Mr Abramovich, the Russian/Israeli billionaire who has owned Chelsea since 2003, announced he would sell the club, with the “net proceeds” going to a charity he would set up to “benefit all victims of the war in Ukraine”.

His statement, which avoided any criticism of Mr Putin, came after politicians including Sir Keir called for Mr Abramovich to face sanctions.

Roman Abramovich
Roman Abramovich (Mike Egerton/PA)

Ukrainian presidential adviser Mykhailo Podolyak said a second round of talks was unable to broker peace but he did offer hopes of “humanitarian corridors” to allow civilians to flee areas of fighting, a suggestion echoed by Mr Putin.

The port city of Kherson became the first major city to fall since the invasion began a week ago, with Russian military claiming to have seized control and Ukrainian officials saying that forces had taken over local government headquarters.

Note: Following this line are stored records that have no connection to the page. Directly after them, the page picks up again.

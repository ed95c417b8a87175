//! The values that two runs released, as lines.

ghost use Rattle.std.specs.Prelude.{◌≡◌, ◌++◌, OnOk, length, max, option_copied, slice_get};
ghost use Rattle.std.specs.String.{string_bytes};
ghost use Rattle.run_comparison.specs.ReleaseLines.{release_line, release_lines, value_or_dash};

use js_base::OutOfMemory;
use std::fmt::Write;

/// Adds a line for each value of the run that released more.
pub fn push_release_lines(text: &mut String, one: &[i64], other: &[i64]) -> Result<(), OutOfMemory>
    ensures { OnOk result (string_bytes text.new ≡ string_bytes text.old ++ release_lines one.now other.now) }
{
    for number in 0..longer_len(one, other) {
        push_line(text, number, value_at(one, number), value_at(other, number))?;
    }
    Ok(())
}

/// The length of the longer of two lists.
fn longer_len(one: &[i64], other: &[i64]) -> usize
    ensures { result ≡ max (length one.now) (length other.now) }
{
    if one.len() < other.len() {
        other.len()
    } else {
        one.len()
    }
}

/// The value of a number, none where a run released no more.
fn value_at(values: &[i64], number: usize) -> Option<&i64>
    ensures { option_copied result ≡ slice_get values.now number }
{
    values.get(number)
}

/// Adds the line of a number, with the value of each run that released so many.
fn push_line(
    text: &mut String,
    number: usize,
    one: Option<&i64>,
    other: Option<&i64>,
) -> Result<(), OutOfMemory>
    ensures { OnOk result (string_bytes text.new ≡ string_bytes text.old
        ++ release_line number (option_copied one.entry) (option_copied other.entry)) }
{
    write!(text, "release {number} ").map_err(|_| OutOfMemory)?;
    push_value(text, one)?;
    text.push(' ')?;
    push_value(text, other)?;
    text.push('\n')?;
    Ok(())
}

/// Adds a value, or `-` where there is none.
fn push_value(text: &mut String, value: Option<&i64>) -> Result<(), OutOfMemory>
    ensures { OnOk result (string_bytes text.new
        ≡ string_bytes text.old ++ value_or_dash (option_copied value.entry)) }
{
    match value {
        Some(value) => write!(text, "{value}").map_err(|_| OutOfMemory),
        None => Ok(text.push('-')?),
    }
}
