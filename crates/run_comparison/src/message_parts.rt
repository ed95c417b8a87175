//! Whether messages and events are the same, part by part.

ghost use Rattle.std.specs.Prelude.{◌≡◌, ◌↔◌, IsTrue, option_copied};
ghost use Rattle.run_comparison.specs.MessageParts.{no_frame, no_request, parts_made, parts_of, parts_with};
ghost use Rattle.run_comparison.specs.MessageParts.{riders_in, riders_made, token_made, token_of};

use capability::Token;
use event_text::{BadMessage, BadToken, Event};
use host_code::Message;
use js_base::{FrameId, HostId, RequestId, SiteId, VarId};

/// What a message says beside its token and what rides: its kind, and then what it names, 0 where its kind names no
/// such thing.
#[derive(Clone, Copy, PartialEq, Eq)]
pub struct Parts {
    kind: u8,
    request: RequestId,
    frame: FrameId,
    named: u32,
    index: i64,
    value: i64,
}

/// Whether two messages are the same, of the same sender to the same host.
pub fn is_same_sent(one: &(HostId, HostId, Message), other: &(HostId, HostId, Message)) -> bool
    ensures { IsTrue result ↔ (one.now ≡ other.now) }
{
    one.0 == other.0 && one.1 == other.1 && is_same_message(&one.2, &other.2)
}

/// Whether two events are the same.
pub fn is_same_event(one: &Event, other: &Event) -> bool
    ensures { IsTrue result ↔ (one.now ≡ other.now) }
{
    match (one, other) {
        (Event::Take(from, to, place), Event::Take(by, at, also)) => {
            from == by && to == at && place == also
        }
        (Event::Turn(host), Event::Turn(also)) => host == also,
        (Event::Act(from, to, made), Event::Act(by, at, also)) => {
            from == by && to == at && is_same_made(made, also)
        }
        _ => false,
    }
}

/// Whether two messages are the same.
#[tactic(auto, using(crate::proofs::SameMessages::one_message))]
fn is_same_message(one: &Message, other: &Message) -> bool
    ensures { IsTrue result ↔ (one.now ≡ other.now) }
{
    if !is_same_without_riders(one, other) {
        return false;
    }
    is_same_riders(riders_of(one), riders_of(other))
}

/// Whether two messages are the same but for what rides.
fn is_same_without_riders(one: &Message, other: &Message) -> bool
    ensures { IsTrue result
        ↔ ((parts_of one.now ≡ parts_of other.now) × (token_of one.now ≡ token_of other.now)) }
{
    let here = parts_of(one);
    let there = parts_of(other);
    if !is_same_parts(&here, &there) {
        return false;
    }
    is_same_token(token_of(one), token_of(other))
}

/// Whether two messages of misbehaving hosts are the same.
#[tactic(auto, using(crate::proofs::SameMessages::one_made))]
fn is_same_made(one: &BadMessage, other: &BadMessage) -> bool
    ensures { IsTrue result ↔ (one.now ≡ other.now) }
{
    if !is_made_without_riders(one, other) {
        return false;
    }
    is_same_riders(riders_made(one), riders_made(other))
}

/// Whether two messages of misbehaving hosts are the same but for what rides.
fn is_made_without_riders(one: &BadMessage, other: &BadMessage) -> bool
    ensures { IsTrue result
        ↔ ((parts_made one.now ≡ parts_made other.now) × (token_made one.now ≡ token_made other.now)) }
{
    let here = parts_made(one);
    let there = parts_made(other);
    if !is_same_parts(&here, &there) {
        return false;
    }
    is_same_token_made(token_made(one), token_made(other))
}

/// Whether all parts are the same.
fn is_same_parts(one: &Parts, other: &Parts) -> bool
    ensures { IsTrue result ↔ (one.now ≡ other.now) }
{
    *one == *other
}

/// Whether there is the same token, or none.
fn is_same_token(one: Option<&Token>, other: Option<&Token>) -> bool
    ensures { IsTrue result ↔ (option_copied one.entry ≡ option_copied other.entry) }
{
    match (one, other) {
        (Some(one), Some(other)) => one.is_same(other),
        (None, None) => true,
        _ => false,
    }
}

/// Whether there is the same token of a misbehaving host, or none.
fn is_same_token_made(one: Option<&BadToken>, other: Option<&BadToken>) -> bool
    ensures { IsTrue result ↔ (option_copied one.entry ≡ option_copied other.entry) }
{
    match (one, other) {
        (Some(BadToken::Sent(one)), Some(BadToken::Sent(other))) => one == other,
        (Some(BadToken::Own(one)), Some(BadToken::Own(other))) => one.is_same(other),
        (None, None) => true,
        _ => false,
    }
}

/// Whether the same values ride for the same variables, in the same order.
fn is_same_riders(one: &[(VarId, i64)], other: &[(VarId, i64)]) -> bool
    ensures { IsTrue result ↔ (one.now ≡ other.now) }
{
    one == other
}

/// No request.
fn no_request() -> RequestId
    ensures { result ≡ no_request }
{
    RequestId { at: 0, count: 0 }
}

/// No frame.
fn no_frame() -> FrameId
    ensures { result ≡ no_frame }
{
    FrameId {
        site: SiteId(0),
        count: 0,
    }
}

/// These parts.
fn parts_with(
    kind: u8,
    request: RequestId,
    frame: FrameId,
    named: u32,
    index: i64,
    value: i64,
) -> Parts
    ensures { result ≡ parts_with kind request frame named index value }
{
    Parts {
        kind,
        request,
        frame,
        named,
        index,
        value,
    }
}

/// The parts of a message, but for its token and what rides.
fn parts_of(message: &Message) -> Parts
    ensures { result ≡ parts_of message.now }
{
    let (none, here) = (no_request(), no_frame());
    match *message {
        Message::Get {
            request,
            field,
            index,
        } => parts_with(1, request, here, field.0, index, 0),
        Message::Set {
            request,
            field,
            index,
            value,
        } => { parts_with(2, request, here, field.0, index, value) }
        Message::Forward {
            request,
            frame,
            var,
            value,
        } => { parts_with(3, request, frame, var.0, 0, value) }
        Message::Sync {
            request,
            frame,
            entry,
            ..
        } => { parts_with(4, request, frame, entry.0, 0, 0) }
        Message::Rgoto { frame, entry, .. } => parts_with(5, none, frame, entry.0, 0, 0),
        Message::RgotoWith { frame, entry, .. } => parts_with(10, none, frame, entry.0, 0, 0),
        Message::Lgoto { .. } => parts_with(6, none, here, 0, 0, 0),
        Message::Value { request, value } => parts_with(7, request, here, 0, 0, value),
        Message::Ack { request } => parts_with(8, request, here, 0, 0, 0),
        Message::Token { request, .. } => parts_with(9, request, here, 0, 0, 0),
    }
}

/// The same of a message as a misbehaving host makes it.
fn parts_made(made: &BadMessage) -> Parts
    ensures { result ≡ parts_made made.now }
{
    let (none, here) = (no_request(), no_frame());
    match *made {
        BadMessage::Get {
            request,
            field,
            index,
        } => { parts_with(1, request, here, field.0, index, 0) }
        BadMessage::Set {
            request,
            field,
            index,
            value,
        } => { parts_with(2, request, here, field.0, index, value) }
        BadMessage::Forward {
            request,
            frame,
            var,
            value,
        } => { parts_with(3, request, frame, var.0, 0, value) }
        BadMessage::Sync {
            request,
            frame,
            entry,
            ..
        } => { parts_with(4, request, frame, entry.0, 0, 0) }
        BadMessage::Rgoto { frame, entry, .. } => parts_with(5, none, frame, entry.0, 0, 0),
        BadMessage::RgotoWith { frame, entry, .. } => { parts_with(10, none, frame, entry.0, 0, 0) }
        BadMessage::Lgoto { .. } => parts_with(6, none, here, 0, 0, 0),
        BadMessage::Value { request, value } => parts_with(7, request, here, 0, 0, value),
        BadMessage::Ack { request } => parts_with(8, request, here, 0, 0, 0),
        BadMessage::Token { request, .. } => parts_with(9, request, here, 0, 0, 0),
    }
}

/// The token of a message, where it has one.
fn token_of(message: &Message) -> Option<&Token>
    ensures { option_copied result ≡ token_of message.now }
{
    match message {
        Message::Sync { token, .. }
        | Message::Rgoto { token, .. }
        | Message::RgotoWith { token, .. }
        | Message::Lgoto { token }
        | Message::Token { token, .. } => Some(token),
        _ => None,
    }
}

/// The same of a message as a misbehaving host makes it.
fn token_made(made: &BadMessage) -> Option<&BadToken>
    ensures { option_copied result ≡ token_made made.now }
{
    match made {
        BadMessage::Sync { token, .. }
        | BadMessage::Rgoto { token, .. }
        | BadMessage::RgotoWith { token, .. }
        | BadMessage::Lgoto { token }
        | BadMessage::Token { token, .. } => Some(token),
        _ => None,
    }
}

/// What rides with a message.
fn riders_of(message: &Message) -> &[(VarId, i64)]
    ensures { result.now ≡ riders_in message.now }
{
    match message {
        Message::RgotoWith { pairs, .. } => pairs.pairs(),
        _ => &[],
    }
}

/// The same of a message as a misbehaving host makes it.
fn riders_made(made: &BadMessage) -> &[(VarId, i64)]
    ensures { result.now ≡ riders_made made.now }
{
    match made {
        BadMessage::RgotoWith { pairs, .. } => pairs.pairs(),
        _ => &[],
    }
}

The Kremlin was pressing its offensive on multiple fronts, but a long column of tanks has apparently been stalled outside the capital Kyiv for days.

Speaking during a visit to Estonia, Defence Secretary Ben Wallace said a “line has clearly been crossed” by Moscow by deploying thermobaric “vacuum bombs” which could indiscriminately kill civilians if used in Ukrainian cities.

It was understood that Mr Wallace was not suggesting that vacuum bombs, which suck in oxygen to create a devastating, high-temperature blast, have been used in Ukraine.

His comments came after the International Criminal Court (ICC) opened a war crimes investigation on Wednesday night after Britain and 37 allies referred Moscow over what the Prime Minister described as “abhorrent” attacks.

Ukraine has said that more than 2,000 civilians have died during the assault, as a humanitarian crisis unfurled in Europe, while the United Nations has said that more than one million people have now fled to seek sanctuary from the Russian invasion.